I had the 3 on pads 1,2,3 on the right side on the side that reads VLX91.

It also has a jumper from pad 6 of OTAX to the ground lug on the switch.

This is how it came out of the guitar and it was never set up a different was due to solder not being on some of the pads. I don't remember how the pickups where wired and the pics I took before I ripped it apart aren't of too much help. I tried wiring it where I thought everything went and it was all screwed up, some positions worked and some did not some weren't how they were supposed to like parallel or split or whatever. So I ripped everything off of the switch to try to recreate the schematics way of it. Major pain in the ass as I had to add acouple loop jumpers that would skip a pad which was not on there originally. After all was said and done I plugged in and got nothing. Went over all my work and still found nothing. Broke it down and ripped everything off again and wired just the hot leads a the bridge to pad 1 and the neck lead to pad 5 on the OTAX left side. I got full humbucker on position 1 and full humbucker on position 5 which is all I really need but I'm still baffled how to set it up like the stock wiring. Why wasn't mine the same as the schematic???? Why when I reproduced the schematic I got nothing???

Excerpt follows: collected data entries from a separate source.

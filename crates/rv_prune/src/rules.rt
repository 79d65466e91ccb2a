//! The rules of the classes, each as `specs/Class.antt` has it.
ghost use Rattle.std.specs.Prelude.{◌≡◌};
ghost use Rattle.rv_prune.specs.Class as spec;

use crate::code::instruction_at;
use crate::named_bytes::NamedBytes;
use rv_collide::ending::{Ending, Verdict};
use rv_elf::Image;
use rv_isa::instr::Instr;
use rv_isa::op::Op;
use rv_isa::shape::Shape;

/// The paused access touches a listed byte.
#[tactic(auto, unfolding(crate::specs::Class::is_named))]
pub fn is_named(ranges: &NamedBytes, ending: &Ending) -> bool
    ensures { result ≡ spec.is_named ranges.now ending.now }
{
    ranges.is_touched(&ending.access)
}

fn is_plain_load(size: u8, shape: Shape) -> bool
    ensures { result ≡ spec.is_plain_load size shape }
{
    match shape {
        Shape::PlainLoad(bytes) => bytes == size,
        _ => false,
    }
}

/// The code loads the bytes into a register, and next looks at it through a mask.
fn looks_through(size: u8, load: &Instr, mask: &Instr) -> bool
    ensures { result ≡ spec.looks_through size load.now mask.now }
{
    is_plain_load(size, load.shape()) && load.rd != 0 && is_andi(mask.op) && mask.rs1 == load.rd
}

fn is_andi(op: Op) -> bool
    ensures { result ≡ spec.is_andi op }
{
    matches!(op, Op::Andi)
}

/// What a plain load's register holds where it finds these bits.
fn loaded_by(op: Op, bits: u32) -> u32
    ensures { result ≡ spec.loaded_by op bits }
{
    match op {
        Op::Lb if bits % 0x100 >= 0x80 => bits % 0x100 + 0xffff_ff00,
        Op::Lb => bits % 0x100,
        Op::Lh if bits % 0x1_0000 >= 0x8000 => bits % 0x1_0000 + 0xffff_0000,
        Op::Lh => bits % 0x1_0000,
        Op::Lbu => bits % 0x100,
        Op::Lhu => bits % 0x1_0000,
        _ => bits,
    }
}

/// The register's old and new values differ in no bit of the mask.
fn looks_same(load: &Instr, mask: &Instr, ending: &Ending) -> bool
    ensures { result ≡ spec.looks_same load.now mask.now ending.now }
{
    let changed = loaded_by(load.op, ending.old) ^ loaded_by(load.op, ending.new);
    changed & mask.imm.cast_unsigned() == 0
}

/// It read a flag, and the code does not look at the bits that changed.
#[tactic(auto, unfolding(crate::specs::Class::is_flag))]
pub fn is_flag(image: &Image, ending: &Ending) -> bool
    ensures { result ≡ spec.is_flag image.now ending.now }
{
    if !ending.access.read || ending.old == ending.new {
        return false;
    }
    let pc = ending.access.pc;
    let Some(load) = instruction_at(image, pc) else {
        return false;
    };
    let Some(mask) = instruction_at(image, pc.wrapping_add(4)) else {
        return false;
    };
    looks_through(ending.access.size, &load, &mask) && looks_same(&load, &mask, ending)
}

fn is_lw(op: Op) -> bool
    ensures { result ≡ spec.is_lw op }
{
    matches!(op, Op::Lw)
}

fn is_addi(op: Op) -> bool
    ensures { result ≡ spec.is_addi op }
{
    matches!(op, Op::Addi)
}

fn is_sw(op: Op) -> bool
    ensures { result ≡ spec.is_sw op }
{
    matches!(op, Op::Sw)
}

/// `lw r, o(b)` and `sw r, o(b)`, where r is neither b nor x0.
fn is_same_word(load: &Instr, store: &Instr) -> bool
    ensures { result ≡ spec.is_same_word load.now store.now }
{
    let same_place = store.rs1 == load.rs1 && store.imm == load.imm;
    let own_register = load.rd != load.rs1 && load.rd != 0;
    is_lw(load.op) && is_sw(store.op) && store.rs2 == load.rd && same_place && own_register
}

/// `addi r, r, n`, where n is not 0.
fn counts(r: u8, add: &Instr) -> bool
    ensures { result ≡ spec.counts r add.now }
{
    is_addi(add.op) && add.rd == r && add.rs1 == r && add.imm != 0
}

/// `lw r, o(b)`, `addi r, r, n` and `sw r, o(b)` stand at an address, one after another.
#[tactic(auto, unfolding(crate::specs::Class::counts_at))]
fn counts_at(image: &Image, address: u32) -> bool
    ensures { result ≡ spec.counts_at image.now address }
{
    let Some(load) = instruction_at(image, address) else {
        return false;
    };
    let Some(add) = instruction_at(image, address.wrapping_add(4)) else {
        return false;
    };
    let Some(store) = instruction_at(image, address.wrapping_add(8)) else {
        return false;
    };
    is_same_word(&load, &store) && counts(load.rd, &add)
}

/// The word at an address is the load or the store of such a triple.
fn is_count(image: &Image, address: u32) -> bool
    ensures { result ≡ spec.is_count image.now address }
{
    counts_at(image, address) || counts_at(image, address.wrapping_sub(8))
}

/// Both accesses are each the load or the store of a counter being counted.
#[tactic(auto, unfolding(crate::specs::Class::is_counter))]
pub fn is_counter(image: &Image, ending: &Ending) -> bool
    ensures { result ≡ spec.is_counter image.now ending.now }
{
    match ending.verdict {
        Verdict::Hit(seen) => {
            is_count(image, ending.access.pc) && is_count(image, seen.access.pc)
        }
        Verdict::Changed | Verdict::Quiet => false,
    }
}
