//! The bytes that names stand for.
ghost use Rattle.std.specs.Prelude.{◌≡◌, ◌↔◌, ◌++◌, ℕ, IfOk, OnOk, Some, Err, map, position};
ghost use Rattle.rv_prune.specs.Ranges as spec;
ghost use Rattle.rv_prune.specs.declared.names.NamesFault.TheVariants as faults;

use rv_elf::{Image, Symbol};
use rv_memory::store::NoMemory;
use std::alloc::Global;

/// Why there are no ranges: the first name without a symbol, or else want of memory.
#[derive(Clone, Copy)]
pub enum NamesFault {
    /// No symbol of the image has the name at this index.
    Unknown(usize),
    /// A growth was refused.
    NoMemory,
}

impl From<NoMemory> for NamesFault {
    ghost from_gives = { λ _ fault. fault ≡ faults.NoMemory };

    fn from(_: NoMemory) -> NamesFault {
        NamesFault::NoMemory
    }
}

fn has_name(name: &str, symbol: &Symbol) -> bool
    ensures { result ≡ spec.has_name name.now symbol.now }
{
    symbol.name.as_str() == name
}

fn is_known(image: &Image, name: &str) -> bool
    ensures { result ≡ spec.is_known image.now name.now }
{
    image.symbols().iter().any(|symbol| has_name(name, symbol))
}

fn is_unknown(image: &Image, name: &str) -> bool
    ensures { result ≡ spec.is_unknown image.now name.now }
{
    !is_known(image, name)
}

fn first_unknown(image: &Image, names: &[&str]) -> Option<usize>
    ensures { result ≡ position (λ name. spec.is_unknown image.now name.now) names.now }
{
    names.iter().position(|name| is_unknown(image, name))
}

/// The first name without a symbol.
fn unknown(image: &Image, names: &[&str]) -> Option<usize>
    ensures { result ≡ spec.unknown image.now (map (λ name. name.now) names.now) }
{
    first_unknown(image, names)
}

/// Adds the ranges of all symbols of a name.
fn add_ranges(ranges: &mut Vec<(u32, u32)>, image: &Image, name: &str) -> Result<(), NoMemory>
    ensures { OnOk result (ranges.new.items ≡ ranges.old.items ++ spec.named_ranges image.now name.now) }
{
    for symbol in image.symbols() {
        if has_name(name, symbol) {
            ranges.push((symbol.value, symbol.size.max(1)))?;
        }
    }
    Ok(())
}

/// The bytes that names stand for: of each name, in their order, the address and the size of each symbol
/// of it, in the image's order. A size of 0 is counted as 1.
#[tactic(auto, unfolding(crate::specs::Ranges::ranges))]
pub fn ranges(alloc: Global, image: &Image, names: &[&str]) -> Result<Vec<(u32, u32)>, NamesFault>
    ensures ok { IfOk result (λ ranges. ranges.items ≡ spec.ranges image.now (map (λ name. name.now) names.now)) }
    ensures unknown { (index : ℕ) → (result ≡ Err (NamesFault.Unknown index))
        ↔ (spec.unknown image.now (map (λ name. name.now) names.now) ≡ Some index) }
{
    if let Some(index) = unknown(image, names) {
        return Err(NamesFault::Unknown(index));
    }
    let mut ranges = Vec::new(alloc);
    for name in names {
        add_ranges(&mut ranges, image, name)?;
    }
    Ok(ranges)
}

The schematic has more jumpers and they are setup like this.
the 3 pad one is on pads 3,4,5 on the left side of VLX91 and the 4 pad on pads 2,3,4,5 on the right side of VLX91. 
It also added a jumper wire from left common (pad 6) to right common on the VLX91 side???????????????
Then it adds a loop jumper from pads 3 to 5 and another from 2 to 4 to a ground lug on the switch all on the left side of OTAX????????????
Then a jumper wire from the jumper loop on 3 to 5 that goes around to pad 2 on the left VLX91 side???????????????

Why was I missing 2 loop jumpers and 2 freaking long wire jumpers that this schematic says are there. They never were on mine and every position worked fine before I took it apart months ago.

Not sure if the front to back jumpers on both of my commons are even on the schematic?? Im lost. I have no clue why mine wasn't setup like the diagram and still worked. I just want it setup like factory but can't seem to do it.


----------



## MrMcSick (Nov 23, 2013)

This is the stock schematic. So is this switch basically 4 pads activated at once on any position like in position 1 all 4 of the #1 pads are connected and in position 5 all 4 of the #5 pads are connected?


----------



## MrMcSick (Nov 25, 2013)

No one? Can anyone figure out how to add to what I have already. I have full bridge hum in pos 1 and full neck hum in pos 5. I want both hums on pos 3 and don't about 2 and 4 really for now. Do I just use 2 jumpers?


----------



## atticus1088 (Nov 25, 2013)

I know I'm not adding anything to the topic.

I had those same switches in my RG2120X and they are so overkill, and a nightmare to work with. (I switched my VLX91's for 3 way switches)

Why not grab a regular 5 way switch? You should be able to do the same stock pickup configuration as the stock RG3120. Also, in case you change the pickups again, it could make life easier.
Check out the Dimarzio RG7620 (Dimarzio Custom pickups) Diagram on the dimarzio site. It shows exactly what I mean and it uses the same color codes with the 5 way switch.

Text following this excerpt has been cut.